- Task description -
Restate the listing below word for word.

___ Extracted information ___

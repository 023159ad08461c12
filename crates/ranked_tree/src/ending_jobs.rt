//! The jobs of a region end: what is frozen has none.
ghost use Rattle.std.specs.Prelude.{◌≡◌};
ghost use Rattle.mdcache.specs.Core.{IsSoundCore, state_of};
ghost use Rattle.ranked_tree.specs.Exported.{EndsInside, EndsRegion};

use mdcache::MdCache;
use mds_types::{Frag, Ino};
use objstore::Store;
use subtree_map::Subtrees;

/// Gives up each job of a leaf in the region of a root. Takes no memory, and a climb for each job that stands.
pub(crate) fn end_region<S: Store + Drop>(
    tree: &mut MdCache<S>,
    roots: &Subtrees,
    root: &(Ino, Frag),
)
    requires sound { IsSoundCore tree.old }
    ensures ended { EndsRegion (state_of tree.old) (state_of tree.new) roots.now.roots root.now }
    ensures caches { tree.new.caches ≡ tree.old.caches }
    ensures faults { tree.new.faults ≡ tree.old.faults }
    ensures sound { IsSoundCore tree.new }
{
    let mut last = None;
    while let Some(leaf) = tree.next_job_leaf(last) {
        end_inside(tree, roots, root, leaf.0, leaf.1);
        last = Some(leaf);
    }
}

// Gives up the job of a leaf, if it is in the region of a root.
fn end_inside<S: Store + Drop>(
    tree: &mut MdCache<S>,
    roots: &Subtrees,
    root: &(Ino, Frag),
    dir: Ino,
    frag: Frag,
)
    requires sound { IsSoundCore tree.old }
    ensures ended { EndsInside roots.now.roots root.now (state_of tree.old) (state_of tree.new) (dir, frag) }
    ensures caches { tree.new.caches ≡ tree.old.caches }
    ensures faults { tree.new.faults ≡ tree.old.faults }
    ensures sound { IsSoundCore tree.new }
{
    if roots.find_root(tree.dirs(), dir, frag) == Some(*root) {
        tree.end_job(dir, frag);
    }
}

___

- Solution for this task -
repository 023159ad08461c12
filename crates/ranked_tree/src/ending_jobs.rt
//! The jobs of a region end: what is frozen has none.
ghost use Rattle.std.specs.Prelude.{◌≡◌};
ghost use Rattle.mdcache.specs.Core.{IsSoundCore, state_of};
ghost use Rattle.ranked_tree.specs.Exported.{EndsInside, EndsRegion};

use mdcache::MdCache;
use mds_types::{Frag, Ino};
use objstore::Store;
use subtree_map::Subtrees;

/// Gives up each job of a leaf in the region of a root. Takes no memory, and a climb for each job that stands.
pub(crate) fn end_region<S: Store + Drop>(
    tree: &mut MdCache<S>,
    roots: &Subtrees,
    root: &(Ino, Frag),
)
    requires sound { IsSoundCore tree.old }
    ensures ended { EndsRegion (state_of tree.old) (state_of tree.new) roots.now.roots root.now }
    ensures caches { tree.new.caches ≡ tree.old.caches }
    ensures faults { tree.new.faults ≡ tree.old.faults }
    ensures sound { IsSoundCore tree.new }
{
    let mut last = None;
    while let Some(leaf) = tree.next_job_leaf(last) {
        end_inside(tree, roots, root, leaf.0, leaf.1);
        last = Some(leaf);
    }
}

// Gives up the job of a leaf, if it is in the region of a root.
fn end_inside<S: Store + Drop>(
    tree: &mut MdCache<S>,
    roots: &Subtrees,
    root: &(Ino, Frag),
    dir: Ino,
    frag: Frag,
)
    requires sound { IsSoundCore tree.old }
    ensures ended { EndsInside roots.now.roots root.now (state_of tree.old) (state_of tree.new) (dir, frag) }
    ensures caches { tree.new.caches ≡ tree.old.caches }
    ensures faults { tree.new.faults ≡ tree.old.faults }
    ensures sound { IsSoundCore tree.new }
{
    if roots.find_root(tree.dirs(), dir, frag) == Some(*root) {
        tree.end_job(dir, frag);
    }
}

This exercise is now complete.